In all seriousness, the Enterprise Refit corrected this by adding the reaction control thrusters seen in various parts of the ship. These were seen in future models too, like the Enterprise D. They are identified by the yellow, triangular, marks on the edge of the saucer, for example. I am guessing the people who made the model did not have the foresight to add this to TOS model.


----------



## charonjr (Mar 27, 2000)

The ship has two warp pods. An asymmetrical warp field would do the job nicely. If they are at impulse, all the warp power could be used and make the ship very highly maneuverable! I can see having an RCS for knocking about in space dock. But it would be useless for any maneuvering above a kilometer per second. Unless it is tied into the impulse or warp systems for fuel, and even then, the apertures of RCS would be a major limiting factor for speed.


----------



## Radiodugger (Sep 27, 2011)

Opus Penguin said:


> In all seriousness, the Enterprise Refit corrected this by adding *the reaction control thrusters* seen in various parts of the ship. These were seen in future models too, like the Enterprise D. They are identified by the yellow, triangular, marks on the edge of the saucer, for example...


The RCS can be seen here:










Here is the full size pic:

http://cdn.paper4pc.com/images/uss-enterprise-ncc1701a-plan-wallpaper-1.jpg

Doug


----------



## Steve H (Feb 8, 2009)

charonjr said:


> The ship has two warp pods. An asymmetrical warp field would do the job nicely. If they are at impulse, all the warp power could be used and make the ship very highly maneuverable! I can see having an RCS for knocking about in space dock. But it would be useless for any maneuvering above a kilometer per second. Unless it is tied into the impulse or warp systems for fuel, and even then, the apertures of RCS would be a major limiting factor for speed.


All true. This would also nicely account for the 'slow ocean going vessel' look of wide turns and slow banks.

But I can't help but feel that those fields would be pretty messy to have running in a space dock, so there's still a need, as you also say, for verniers to fine tune things like docking and matching course and stuff.


----------



## Zombie_61 (Apr 21, 2004)

Y'know, there's a reason it's called science _fiction_.


----------



## Steve H (Feb 8, 2009)

Zombie_61 said:


> Y'know, there's a reason it's called science _fiction_.


Well, of course, but let's not forget that 'Science' is part of the title, right? That means things have reason, not 'just because'.


----------



## Zombie_61 (Apr 21, 2004)

Steve H said:


> Well, of course, but let's not forget that 'Science' is part of the title, right? That means things have reason, not 'just because'.


Uh huh, right. Google "technobabble".


----------



## charonjr (Mar 27, 2000)

I have to admit that the RCS does make sense. I always felt their addition to the movie Enterprise was a sort unnecessary retro-tech approach to answer the question: how does she make turns? The JJprise takes this to an extreme level, with its rockets on the under side of the saucer. At first, I thought the huge tanks were fuel for these things. Then Khan2bad showed how things were so tied into the warp core, that nothing on the ship would function without the warp core! 

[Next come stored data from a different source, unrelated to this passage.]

//! What a listing needs of memory beforehand.

ghost use Rattle.std.specs.Prelude.{IfOk, length};
ghost use Rattle.code_listing.specs.Room.{Fits};

use packed_code::Code;
use std::alloc::{AllocError, Global};

/// A byte for each signal, and no skew for each.
#[derive(Drop)]
pub(crate) struct Room {
    pub(crate) row: Vec<u8>,
    pub(crate) skews: Vec<i64>,
}

impl Room {
    /// Room for the signals of a code.
    pub(crate) fn new(alloc: Global, code: &Code) -> Result<Room, AllocError>
        ensures { IfOk result (λ room. Fits (length code.now.signals) room) }
    {
        let signals = usize::from(code.signals());
        let row = vec![in alloc; 0; signals]?;
        let skews = vec![in alloc; 0; signals]?;
        Ok(Room { row, skews })
    }
}
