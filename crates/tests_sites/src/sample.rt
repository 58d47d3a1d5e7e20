//! A program of ten cycles at an inverter, plans that are bound to it, and what its tries came to.

ghost use Rattle.std.specs.Prelude.{◌≡◌, ◌≤◌, length, IfOk};
ghost use Rattle.text_bytes.specs.Limits.{most_bytes};

use bench_net::{Netlist, read};
use lot_plan::{BoundPlan, Plan};
use page_code::{Code, load};
use std::alloc::{AllocError, Global};
use std::sync::Arc;
use std::test::Fail;
use tester_types::{Record, Verdict};

/// The signals a, y and c, and a table w of 100 ns up to the count of its waves.
const HEAD: [u8; 39] = [
    0xD7, 0x53, 0x54, 0x50, 1, 0, 0, 0, 3, 0, 0, 1, 0, b'a', 1, 1, 0, b'y', 0, 1, 0, b'c', 1, 0, 1,
    0, b'w', 0x00, 0xE1, 0xF5, 0x05, 0, 0, 0, 0, 4, 0, 0, 0,
];

/// At 0 a is driven down or up; at 40 ns y is wanted high or low.
const WAVES: [[u8; 13]; 4] = [
    [0, 0, b'0', 1, 0, 0, 0, 0, 0, 0, 0, 0, 1],
    [0, 0, b'1', 1, 0, 0, 0, 0, 0, 0, 0, 0, 2],
    [1, 0, b'H', 1, 0x00, 0x5A, 0x62, 0x02, 0, 0, 0, 0, 7],
    [1, 0, b'L', 1, 0x00, 0x5A, 0x62, 0x02, 0, 0, 0, 0, 6],
];

/// Two rows, and an executive of three instructions: the rows in turn, five times each, and the end.
const REST: [u8; 68] = [
    2, 0, 0, 0, b'0', b'H', 0, b'1', b'L', 0, 1, 0, 0, 0, 0, 0, 3, 0, 0, 0, 1, 0, 0, 0, 0, 0, 0, 0,
    0, 0, 0, 0, 5, 0, 0, 0, 1, 0, 0, 0, 1, 0, 0, 0, 0, 0, 0, 0, 5, 0, 0, 0, 4, 0, 0, 0, 0, 0, 0, 0,
    0, 0, 0, 0, 0, 0, 0, 0,
];

/// The netlist of an inverter.
const NET: &[u8] = b"INPUT(a)\nOUTPUT(y)\ny = NOT(a)\n";

/// The bytes of the program.
fn program(alloc: Global) -> Result<Vec<u8>, AllocError> {
    let mut bytes = Vec::from_slice(alloc, &HEAD)?;
    for wave in WAVES {
        bytes.extend_from_slice(&wave)?;
    }
    bytes.extend_from_slice(&REST)?;
    Ok(bytes)
}

/// The program.
pub(crate) fn code_of(alloc: Global) -> Result<Code, Fail> {
    let bytes = program(alloc)?;
    let Ok(code) = load(alloc, &bytes) else {
        return Err("the bytes are a program".into());
    };
    Ok(code)
}

/// The inverter, once for each of so many files.
fn nets(alloc: Global, files: usize) -> Result<Vec<Arc<Netlist>>, Fail> {
    let mut nets = Vec::new(alloc);
    for _ in 0..files {
        let Ok(net) = read(alloc, NET) else {
            return Err("there is a netlist".into());
        };
        nets.push(Arc::new(alloc, net)?)?;
    }
    Ok(nets)
}

/// The plan of a text, bound to a program and the inverter.
pub(crate) fn bound(alloc: Global, code: &Code, text: &[u8]) -> Result<BoundPlan, Fail>
    requires { length text.now ≤ most_bytes }
    ensures program { IfOk result (λ plan. plan.program ≡ code.now) }
{
    let plan = Plan::read(alloc, text)?;
    let nets = nets(alloc, plan.files().len())?;
    if nets.len() != plan.files().len() {
        return Err("there is a netlist for each file".into());
    }
    Ok(plan.bind(alloc, code, nets)?)
}

/// What a try came to: its number, cycles, fails and verdict.
pub(crate) type Outcome = (u8, u64, u64, Verdict);

/// What the tries of records came to.
pub(crate) fn outcomes(alloc: Global, records: &[Record]) -> Result<Vec<Outcome>, Fail> {
    let mut list = Vec::new(alloc);
    for record in records {
        for trial in record.trials.as_slice() {
            list.push((trial.number, trial.cycles, trial.fails, trial.verdict))?;
        }
    }
    Ok(list)
}
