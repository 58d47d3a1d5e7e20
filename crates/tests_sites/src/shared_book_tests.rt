//! Books that threads share: of sixteen sites, and of none.

ghost use Rattle.std.specs.Prelude.{◌≡◌, ◌<◌, [], All, length};
ghost use Rattle.plan_rows.specs.Rows.{sites_of};
ghost use Rattle.floor_core.specs.Book.{planned};

use crate::many_dies::plan_of;
use floor_core::BookState;
use lot_book::{Book, ShareList, SiteShare};
use lot_plan::BoundPlan;
use std::alloc::Global;
use std::sync::Wait;
use std::test::Fail;
use std::thread::{Threads, for_each_mut};
use tester_types::{Items, NoMemory, Record};

/// Files a record of each die of a share's site.
fn file_all<R: Wait>(rt: &R, alloc: Global, plan: &BoundPlan, book: &Book, share: &mut SiteShare)
    requires book { share.old.book ≡ book.now }
    requires plan { book.now.places ≡ planned plan.now.rows }
    requires site { share.old.site < sites_of plan.now.rows }
    requires empty { share.old.records ≡ [] }
    ensures book { share.new.book ≡ share.old.book }
{
    let site = share.site();
    for die in 0..plan.dies(site) {
        let trials = Items::from_vec(Vec::new(alloc));
        book.file(rt, share, Record { site, die, trials });
    }
}

/// Files all that shares have to file, each in a thread of its own.
fn file_by_threads<R: Threads + Wait + Sync>(
    rt: &R,
    alloc: Global,
    plan: &BoundPlan,
    book: &Book,
    shares: &mut [SiteShare],
)
    requires book { All (λ share. share.book ≡ book.now) shares.old }
    requires plan { book.now.places ≡ planned plan.now.rows }
    requires site { All (λ share. share.site < sites_of plan.now.rows) shares.old }
    requires empty { All (λ share. share.records ≡ []) shares.old }
    ensures book { All (λ share. share.book ≡ book.now) shares.new }
    ensures all { length shares.new ≡ length shares.old }
{
    for_each_mut(
        rt,
        shares,
        16,
        &|_: usize, share: &mut SiteShare|
            requires book { share.now.book ≡ book.now }
            requires plan { book.now.places ≡ planned plan.now.rows }
            requires site { share.now.site < sites_of plan.now.rows }
            requires empty { share.now.records ≡ [] }
            ensures book { share.exit.now.book ≡ share.entry.now.book }
        { file_all(rt, alloc, plan, book, share) },
    );
}

/// The book of a plan, once each site's thread has filed a record of each die.
fn filed_by_threads<R: Threads + Wait + Sync>(
    rt: &R,
    alloc: Global,
    plan: &BoundPlan,
) -> Result<BookState, NoMemory> {
    let (book, list) = Book::new(alloc, plan)?;
    let ShareList { closer, shares } = list;
    let mut shares = shares.into_vec();
    file_by_threads(rt, alloc, plan, &book, shares.as_mut_slice());
    Ok(book.close(ShareList {
        closer,
        shares: Items::from_vec(shares),
    }))
}

/// Whether the records of a site are those of so many dies, in order.
fn has_all(book: &BookState, site: u8, dies: u16) -> bool {
    if usize::from(site) >= book.sites().len() {
        return false;
    }
    let records = book.records(site).as_slice();
    let mut entries = records.iter().enumerate();
    records.len() == usize::from(dies) && entries.all(|(die, entry)| usize::from(entry.die) == die)
}

#[test]
fn sixteen_threads_file_into_one_book(rt: HostRuntime) -> Result<(), Fail> {
    let plan = plan_of(rt.alloc(), 16, 256)?;
    let book = filed_by_threads(&rt, rt.alloc(), &plan)?;
    assert_eq!(rt; book.sites().len(), 16);
    for site in 0..16 {
        assert!(rt; has_all(&book, site, 256));
    }
    Ok(())
}

#[test]
fn a_book_may_have_no_site(rt: HostRuntime) -> Result<(), Fail> {
    let plan = plan_of(rt.alloc(), 0, 0)?;
    let book = filed_by_threads(&rt, rt.alloc(), &plan)?;
    assert_eq!(rt; book.sites().len(), 0);
    Ok(())
}
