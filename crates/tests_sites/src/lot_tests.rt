//! The work of two sites beside each other, each with one die.

ghost use Rattle.std.specs.Prelude.{◌≡◌, ◌≤◌, All, IfOk, length};

use crate::gates::{AskedGate, CountedDesk, MeetingGate};
use crate::sample::{Outcome, bound, code_of, outcomes};
use die_sim::{SimSocket, SocketBox};
use lot_plan::BoundPlan;
use pattern_mem::{PassList, PatternMem};
use std::alloc::Global;
use std::sync::atomic::{AtomicU64, Ordering};
use std::sync::{Arc, Wait};
use std::test::Fail;
use std::thread::Threads;
use tester_run::run_lot;
use tester_types::{Ask, By, Desk, Gate, ListDesk, SilentDesk, Verdict};

/// A plan with a die at each of two sites.
const PLAN: &[u8] = b"lot,4,1,3,,\nclock,c,,,,\ndie,0,d,inv,,\ndie,1,e,inv,,\n";

/// What the try of a die that is whole comes to.
const PASSED: Outcome = (1, 10, 0, Verdict::Pass);

/// Two sockets.
fn two_sockets(alloc: Global) -> Result<Vec<SocketBox>, Fail>
    ensures { IfOk result (λ sockets. length sockets.items ≡ 2) }
{
    let mut sockets = Vec::with_capacity(alloc, 2)?;
    let first: SocketBox = Box::new(alloc, SimSocket::new(alloc))?;
    let second: SocketBox = Box::new(alloc, SimSocket::new(alloc))?;
    sockets.push(first)?;
    sockets.push(second)?;
    Ok(sockets)
}

/// What the tries of a plan's two sites came to.
fn worked<R: Threads + Wait + Sync, D: Desk, G: Gate>(
    rt: &R,
    alloc: Global,
    mem: &PatternMem,
    passes: PassList,
    plan: &BoundPlan,
    desk: &mut D,
    gate: &G,
) -> Result<(Vec<Outcome>, Vec<Outcome>), Fail>
    requires program { plan.now.program ≡ mem.now.code }
    requires passes { All (λ pass. pass ≡ mem.now) passes }
    requires enough { 2 ≤ length passes }
{
    if plan.sites() != 2 {
        return Err("there are two sites".into());
    }
    let mut sockets = two_sockets(alloc)?;
    let book = run_lot(rt, alloc, mem, passes, plan, &mut sockets, desk, gate)?;
    if book.sites().len() != 2 {
        return Err("the book has two sites".into());
    }
    let first = outcomes(alloc, book.records(0).as_slice())?;
    let second = outcomes(alloc, book.records(1).as_slice())?;
    Ok((first, second))
}

/// The same of the plan above.
fn worked_by<R: Threads + Wait + Sync, D: Desk, G: Gate>(
    rt: &R,
    alloc: Global,
    desk: &mut D,
    gate: &G,
) -> Result<(Vec<Outcome>, Vec<Outcome>), Fail> {
    let code = code_of(alloc)?;
    let plan = bound(alloc, &code, PLAN)?;
    let (mem, passes) = PatternMem::new(alloc, code, 4, 2)?;
    worked(rt, alloc, &mem, passes, &plan, desk, gate)
}

#[test]
fn two_sites_run_at_the_same_time(rt: HostRuntime) -> Result<(), Fail> {
    let gate = MeetingGate {
        came: AtomicU64::new(0),
        late: AtomicU64::new(0),
    };
    let mut desk = SilentDesk::new();
    let (first, second) = worked_by(&rt, rt.alloc(), &mut desk, &gate)?;
    assert_eq!(rt; gate.late.load(Ordering::SeqCst), 0);
    assert!(rt; first.as_slice() == [PASSED].as_slice());
    assert!(rt; second.as_slice() == [PASSED].as_slice());
    Ok(())
}

#[test]
fn a_stop_for_one_site_leaves_the_other(rt: HostRuntime) -> Result<(), Fail> {
    let asks = Arc::new(rt.alloc(), AtomicU64::new(0))?;
    let mut desk = CountedDesk {
        list: ListDesk::new(vec![in rt.alloc(); Ask::Stop(1)]?),
        asks: Arc::try_clone(&asks)?,
    };
    let gate = AskedGate {
        asks,
        late: AtomicU64::new(0),
    };
    let (first, second) = worked_by(&rt, rt.alloc(), &mut desk, &gate)?;
    assert_eq!(rt; gate.late.load(Ordering::SeqCst), 0);
    assert!(rt; first.as_slice() == [PASSED].as_slice());
    assert!(rt; second.as_slice() == [(1, 0, 0, Verdict::Stopped(0, By::Desk(1)))].as_slice());
    Ok(())
}
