//! The line of a dated cycle.

ghost use Rattle.std.specs.Prelude.{◌≡◌, length, map};
ghost use Rattle.tester_types.specs.Outside.{Prints};
ghost use Rattle.packed_code.specs.Walk.{IsOf};
ghost use Rattle.code_listing.specs.Listing.{listed};
ghost use Rattle.code_listing.specs.Text.{cycle_line, row_line, character_or_dash};

use packed_code::Code;
use tester_types::{Cycle, Piece, Sink, SinkFault, put_each};

/// A character of a signal, `-` for none.
fn character_or_dash(character: u8) -> u8
    ensures { result ≡ character_or_dash character }
{
    if character == 0 { b'-' } else { character }
}

/// Puts the characters of all signals into a row.
fn show(row: &mut [u8], characters: &[u8])
    requires { length row.old ≡ length characters.now }
    ensures { row.new ≡ map character_or_dash characters.now }
{
    for place in 0..characters.len() {
        row[place] = character_or_dash(characters[place]);
    }
}

/// Puts the line of a numbered cycle, with a row that has a byte for each signal.
pub(crate) fn put_cycle_line<K: Sink>(
    sink: &mut K,
    code: &Code,
    number: u64,
    cycle: &Cycle,
    row: &mut [u8],
) -> Result<(), SinkFault>
    requires of { IsOf code.now cycle.now.table cycle.now.row }
    requires row { length row.old ≡ length code.now.signals }
    ensures prints { Prints (K.told sink.old) (K.faults sink.old)
        (cycle_line (listed code.now (number, cycle.now))) result (K.told sink.new) (K.faults sink.new) }
    ensures row { length row.new ≡ length code.now.signals }
{
    let _conditions = code.signals();
    show(row, code.row(cycle.row));
    let table = code.table(cycle.table).name.as_slice();
    put_row(sink, number, cycle.start, table, row)
}

/// Puts the line of a cycle with its characters.
fn put_row<'a, K: Sink>(
    sink: &mut K,
    number: u64,
    start: u128,
    table: &'a [u8],
    row: &'a [u8],
) -> Result<(), SinkFault>
    ensures { Prints (K.told sink.old) (K.faults sink.old) (row_line number start table.now row.now) result
        (K.told sink.new) (K.faults sink.new) }
{
    let line = [
        Piece::Number(u128::from(number)),
        Piece::Text(b" "),
        Piece::Number(start),
        Piece::Text(b" "),
        Piece::Name(table),
        Piece::Text(b" "),
        Piece::Text(row),
        Piece::Text(b"\n"),
    ];
    put_each(sink, &line)
}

I remember when the impulse deck, discussed in the second pilot, "Where No Man Has Gone Before", made sense as a completely separately powered propulsion system. Then, that seemed to be eliminated in The Motion Picture, in favor of warp plasma bouncing off a impulse crystal to fly out of the impulse vents. I may have that one wrong, but that seemed to be the idea behind the vertical shaft in Engineering. Feel free to correct me. 

Next Gen brought up the use of fusion reactors of different sorts to power many systems, perhaps the saucer impulse engines, too? Anyway, yes, it be science fiction. Kirk once yelled "Lateral power" to get the ship out of the galaxy's energy barrier. I loved that line for its lack of specificity: warp power? Impulse? RCS? Unknown. It fell into the "we don't need to know how a phaser works, just that it does" rubric mentioned in the writer's guide. Simplicity leads to ideas....


----------



## robn1 (Nov 17, 2012)

charonjr said:


> ...I remember when the impulse deck, discussed in the second pilot, "Where No Man Has Gone Before", made sense as a completely separately powered propulsion system. Then, that seemed to be eliminated in The Motion Picture, in favor of warp plasma bouncing off a impulse crystal to fly out of the impulse vents. I may have that one wrong, but that seemed to be the idea behind the vertical shaft in Engineering. Feel free to correct me...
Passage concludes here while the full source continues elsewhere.